The federation is most familiar for its participation in Alaska's roadkill salvage program, where volunteers in 13 winch-equipped flatbed trucks are dispatched to the site of collisions to retrieve moose carcasses and deliver them to designated charities. Before Alaska Moose Federation's involvement, charity recipients would handle the retrieval and were called out in all manner of cold, dark conditions to butcher and remove carcasses from the side of the road as traffic whizzing past and law enforcement officers tried to maintain safety.

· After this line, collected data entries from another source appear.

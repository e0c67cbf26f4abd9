//! What a desk with windows keeps.

ghost use Rattle.std.specs.Prelude.{◌≡◌, ◌+◌, ◌<◌, ◌≤◌, length, take, true, false};
ghost use Rattle.std.specs.Bool.{OnTrue, OnFalse};
ghost use mathlib.Core.List.{IsPrefix};
ghost use Rattle.desk_model.specs.histories.History.{with_entry};
ghost use Rattle.desk_model.specs.histories.Legal.{IsLegal, next};
ghost use Rattle.desk_model.specs.declared.limits.TheConstants.{LAST_CALLER};
ghost use Rattle.board_window.specs.declared.wall_name.WallName.{WallName as Name};
ghost use Rattle.desk_shared.specs.Shown.{IsWallOf};
ghost use Rattle.desk_shared.specs.Kept.{AreKept};
ghost use Rattle.turn_gate.specs.Seats.{GateValue};

use board_window::{Showing, Wall};
use call_history::Steps;
use desk_model::{Booked, Entry, Stated};
use std::marker::Model;
use std::sync::Wait;
use turn_gate::Lasting;

/// A book with the wall of windows that shows its entries. It is not `Drop`: end it by `end`.
pub struct ShownBook<B: Steps> {
    pub(crate) book: B,
    pub(crate) wall: Wall,
    // How many entries, the first, are kept.
    pub(crate) sure: u32,
}

/// A desk has one wall: what is of its wall, a note or a view, is of the same. It does nothing: its clause is the law.
pub fn a_desk_has_one_wall()
    ensures { (desk : GateValue) (one other : Name) → IsWallOf desk one → IsWallOf desk other → one ≡ other }
{}

impl<B: Steps> ShownBook<B> {
    /// Answers what caller 0 to 63 states, and tells what is shown once the entry is kept. There is room for it.
    pub(crate) fn step(&mut self, caller: u8, stated: Stated) -> (Entry, Showing)
        requires caller { caller ≤ LAST_CALLER }
        requires room { 0 < self.old.left }
        ensures answer { result.0 ≡ next self.old.history caller stated }
        ensures history { self.new.history ≡ with_entry self.old.history result.0 }
        ensures left { self.new.left + 1 ≡ self.old.left }
        ensures wall { self.new.wall ≡ self.old.wall }
        ensures note_wall { result.1.note.wall ≡ self.old.wall }
        ensures note { IsPrefix result.1.note.entries self.new.history.entries }
        ensures behind { length result.1.note.entries + result.1.behind ≡ length self.new.history.entries }
        ensures sure { self.new.sure ≡ self.old.sure }
        ensures shown { self.new.shown ≡ self.old.shown }
    {
        let place = self.book.count();
        let Ok(entry) = self.book.step(caller, stated) else {
            unreachable!()
        };
        self.book.is_legal();
        (entry, self.wall.add(&entry, place))
    }

    /// Has all entries kept, and shown, and says whether they are kept; where that is left to a later turn, nothing is done.
    pub(crate) fn keep<R: Wait>(&mut self, rt: &R, is_later: bool) -> bool
        ensures history { self.new.history ≡ self.old.history }
        ensures left { self.new.left ≡ self.old.left }
        ensures wall { self.new.wall ≡ self.old.wall }
        ensures sure { OnTrue result (self.new.sure ≡ length self.new.history.entries) }
        ensures no_fewer { self.old.sure ≤ self.new.sure }

        // What isn't kept is not shown.
        ensures shown { length self.old.shown ≤ self.old.sure → length self.new.shown ≤ self.new.sure }
        ensures unshown { OnFalse result (self.new.shown ≡ self.old.shown) }
        ensures always { B.always ≡ true → is_later ≡ false → result ≡ true }
    {
        if is_later {
            return false;
        }
        if !self.book.keep() {
            return false;
        }
        self.sure = self.book.count();
        self.wall.publish(rt);
        true
    }

    /// Whether the entries of several turns are better kept at once.
    pub(crate) fn is_slow(&self) -> bool
        ensures always { B.always ≡ true → result ≡ false }
    {
        self.book.defers()
    }

    /// What it keeps is a legal history, and its wall is of a desk that was opened so. It does nothing: its clauses are the laws.
    pub(crate) fn is_legal(&self)
        ensures legal { IsLegal self.now.history }
        ensures opening { self.now.wall.opening ≡ self.now.history.opening }
    {
        self.book.is_legal();
    }

    /// Ends the windows, and gives the book, of whose entries so many are kept, the first.
    pub(crate) fn end<R: Wait>(self, rt: &R) -> B
        ensures history { B.history result ≡ self.history }
        ensures room { B.room result ≡ length self.history.entries + self.left }
        ensures kept { AreKept (B.kept result) self.history.opening (take self.sure self.history.entries) }
    {
        let ShownBook {
            book,
            wall,
            sure: _,
        } = self;
        wall.end(rt);
        book
    }
}

impl<B: Steps> Model for ShownBook<B> {
    ghost use Rattle.std.specs.Prelude.{◌≡◌, ◌-◌, ◌≤◌, length, take};
    ghost use Rattle.desk_shared.specs.Shown.{ShownValue};
    ghost use Rattle.desk_shared.specs.Kept.{AreKept};

    ghost Value = { ShownValue };

    ghost view = { λ b. record {
      history = B.history b.book;
      left = B.room b.book - length (B.history b.book).entries;
      wall = b.wall.wall;
      shown = b.wall.shown;
      added = b.wall.added;
      sure = b.sure;
    } };

    ghost invariant = { λ b. (b.wall.wall.opening ≡ (B.history b.book).opening)
        × (b.wall.added ≡ take (length b.wall.added) (B.history b.book).entries)
        × (b.sure ≤ length (B.history b.book).entries)
        × AreKept (B.kept b.book) (B.history b.book).opening (take b.sure (B.history b.book).entries) };
}

impl<B: Steps> Booked for ShownBook<B> {
    ghost use Rattle.std.specs.Prelude.{◌+◌, length};
    ghost use Rattle.std.proofs.Common.{arith};
    ghost use Rattle.desk_shared.specs.Shown.{mark_of};

    ghost history = { λ b. b.history };

    ghost room = { λ b. length b.history.entries + b.left };

    ghost mark = { λ b. mark_of b.wall };

    fn count(&self) -> u32 {
        self.book.count()
    }

    ghost within = { λ b. Prim.omega arith };
}

impl<B: Steps> Lasting for ShownBook<B> {
    ghost sure = { λ b. b.sure };

    fn defers(&self) -> bool {
        self.is_slow()
    }
}
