//! Stores of a history, and what a load that comes next may answer by them.
ghost use Rattle.std.specs.Prelude.{◌≡◌, ◌≢◌, ◌↔◌, ◌⊎◌, ℕ, ◌+◌, ◌-◌, ◌*◌, ◌<◌, ◌≤◌, ◌^◌, [], ◌∷◌, ◌++◌, IsTrue, IfOk, OnOk, List};
ghost use Rattle.std.specs.Prelude.{◌==◌, MatchOption, cond, length};
ghost use Rattle.base.specs.InOrderOnce.{Has};
ghost use Rattle.journal.specs.declared.event.Event.{Event};
ghost use Rattle.journal.specs.declared.event.Kind.TheVariants.{Load, Store};
ghost use Rattle.journal.specs.ExplainedAnswers.{IsAnswer};
ghost use Rattle.journal.specs.Events.{EventAt};
ghost use Rattle.journal.specs.Pasts.{InPast};
ghost use Rattle.journal.specs.WellFormed.{Does};
ghost use Rattle.journal.specs.Prelude.{EventAddressInRange, did};
ghost use Rattle.judge.specs.declared.flat_memory.FlatStore.{FlatStore};
ghost use Rattle.judge.specs.declared.kept_store.KeptStore.{KeptStore};
ghost use Rattle.judge.specs.Prelude.{AreKeptStoresOf, AreLatestStores, HasUnknownOfValue, IsHiddenInPast, IsLatestInPast, IsKeptStoreFollowed, IsLastKeptInPastOf, IsUnknownWithin, IsUnorderedStore, KeptStoresAreOf, ModelConcurrentStore};
ghost use Rattle.judge.specs.Prelude.{AreUnknownFrom, cut_entry, kept_store_row, kept_stores_of, most_judged_events, most_judged_processors};

use crate::cut_rows::known_in;
use crate::cuts::Cuts;
use crate::flat_memory::FlatStore;
use crate::kept_store::{KeptStore, first_kept_store_from, last_kept_store_below};
use crate::known_cuts::KnownCuts;
use crate::moved_cuts::MovedCuts;
use crate::sizes::MOST_JUDGED_PROCESSORS;
use crate::sparse_table::{
    SparseTable, is_sparse_table_row_full, items_of_row, push_in_sparse_table_row,
    shorten_sparse_table_row,
};
use journal::{Event, Kind};
use std::alloc::{AllocError, Global};

/// How many rows of stores are looked at for each cut that is let go of, at most.
const ROWS_A_CUT: usize = 256;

The salvage program started in 2011 in Anchorage and the Matanuska-Susitna Borough. It expanded to the Kenai Peninsula and was slated for Fairbanks, but the Legislature nixed the federation's request for $2.2 million in continued support in 2013. That forced to organization to scale back its efforts the following winter, though private and corporate donations put salvage trucks back in operation in some areas.

Some $574,000 in grant money from the state purchased the trucks that got the program rolling in 2011. The moose federation's funding request to the Legislature estimated it would cost $22,000 to purchase and modify each truck, as well as $67,000 a year to fuel and $25,000 to insure the fleet.

Alaska Moose Federation also operates conservation projects, aiming to improve moose habitat by cutting down mature trees to encourage new growth for browse and creating winter trails that lead moose away from roadways.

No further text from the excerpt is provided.